→ **Given entries**:
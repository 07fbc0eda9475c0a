// One congruence a·t = b mod m as a call: its question, and then the arithmetic of `residue`.
#![tactic(auto)]

ghost use Rattle.std.specs.Prelude.{◌≡◌};
ghost use Rattle.questions.specs.Refusals.{by_number};
ghost use Rattle.congruence.specs.Congruence.{congruence_of};

use questions::{Refusal, ask, is_modulus};
use residue::congruence::{Solutions, solve as solve_one};
use residue::modular::residue;

// The solutions, if there are any. Any a and b are brought to their residues.
pub fn solve(a: i32, b: i32, m: u32) -> Result<Option<Solutions>, Refusal>
    ensures { by_number result ≡ congruence_of a b m }
{
    ask(is_modulus(m), Refusal::Modulus)?;
    let coefficient = residue(i64::from(a), m);
    let right = residue(i64::from(b), m);
    Ok(solve_one(coefficient, right, m))
}
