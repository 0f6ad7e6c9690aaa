//! The laws of scopes: what a call makes depends on them only by the values that they give to tags.
//!
//! Each law is what a function of this crate ensures; the functions do nothing.
#![tactic(auto)]

pub mod laws;
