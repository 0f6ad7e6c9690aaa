//! The laws, each the contract of a function that does nothing.

ghost use Rattle.scope_laws.specs.Agreeing.{CallsAgree, CallsOfTemplatesAgree, TemplateScopesAgree};
ghost use Rattle.scope_laws.specs.Agreeing.{TemplatesAgree, MemosAgree, BodiesAgree};
ghost use Rattle.scope_laws.specs.Agreeing.{BegunTasksAgree, TopCallsAgree};

/// Under globals with the same values calls make the same, with any number of depths left.
pub fn calls_agree()
    ensures { CallsAgree }
{}

/// A call of a template makes the same in scopes with the same values.
pub fn calls_of_templates_agree()
    ensures { CallsOfTemplatesAgree }
{}

/// A template's node is the same in scopes with the same values.
pub fn templates_agree()
    ensures { TemplatesAgree }
{}

/// The same of what follows its lock.
pub fn memos_agree()
    ensures { MemosAgree }
{}

/// The same of its body.
pub fn bodies_agree()
    ensures { BodiesAgree }
{}

/// A template is entered with the same values, or with the same fault.
pub fn template_scopes_agree()
    ensures { TemplateScopesAgree }
{}

/// A task that begins makes the same behind tags with the same values.
pub fn begun_tasks_agree()
    ensures { BegunTasksAgree }
{}

/// The entrypoint and the exit handler make the same under globals with the same values.
pub fn top_calls_agree()
    ensures { TopCallsAgree }
{}
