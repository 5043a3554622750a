//! What every list of calls keeps: the promise, proved over the definitions.
//!
//! Nothing is computed here: each function carries a law of the definitions in its contract.
#![tactic(auto)]

ghost use Rattle.model.specs.Promise.{Promise};
ghost use Rattle.model.specs.Enough.{Enough};
ghost use Rattle.promise.specs.Carried.{Carried};
ghost use Rattle.promise.specs.InUse.{EnoughInEveryList};

/// After every list of calls, from every set-up, the values taken and written are a front of those of the person who
/// follows the script; an end or a fault is the person's, or the want of cells; and enough budget brings it about.
pub fn every_list_of_calls_follows_the_script()
    ensures { Promise }
{}

/// The same, as the contract of a single call says it: for every list of calls that led to the world that the call met.
pub fn every_call_carries_the_promise()
    ensures { Carried }
{}

/// With cells and budget enough, an advance from the start tells the very end or fault that the person comes to.
pub fn enough_cells_and_budget_suffice()
    ensures { Enough }
{}

/// And so does a run in every list of calls, whatever calls come between its advances.
pub fn enough_cells_and_budget_suffice_in_every_list_of_calls()
    ensures { EnoughInEveryList }
{}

→ **Required work**: Above this task is a listing. Restate, word for word and with nothing added, the lines from the one with "repository 5043a3554622750a" through the one with "pub fn every_call_carries_the_promise()".

→ **Solution to the exercise**:
repository 5043a3554622750a
//! What every list of calls keeps: the promise, proved over the definitions.
//!
//! Nothing is computed here: each function carries a law of the definitions in its contract.
#![tactic(auto)]

ghost use Rattle.model.specs.Promise.{Promise};
ghost use Rattle.model.specs.Enough.{Enough};
ghost use Rattle.promise.specs.Carried.{Carried};
ghost use Rattle.promise.specs.InUse.{EnoughInEveryList};

/// After every list of calls, from every set-up, the values taken and written are a front of those of the person who
/// follows the script; an end or a fault is the person's, or the want of cells; and enough budget brings it about.
pub fn every_list_of_calls_follows_the_script()
    ensures { Promise }
{}

/// The same, as the contract of a single call says it: for every list of calls that led to the world that the call met.
pub fn every_call_carries_the_promise()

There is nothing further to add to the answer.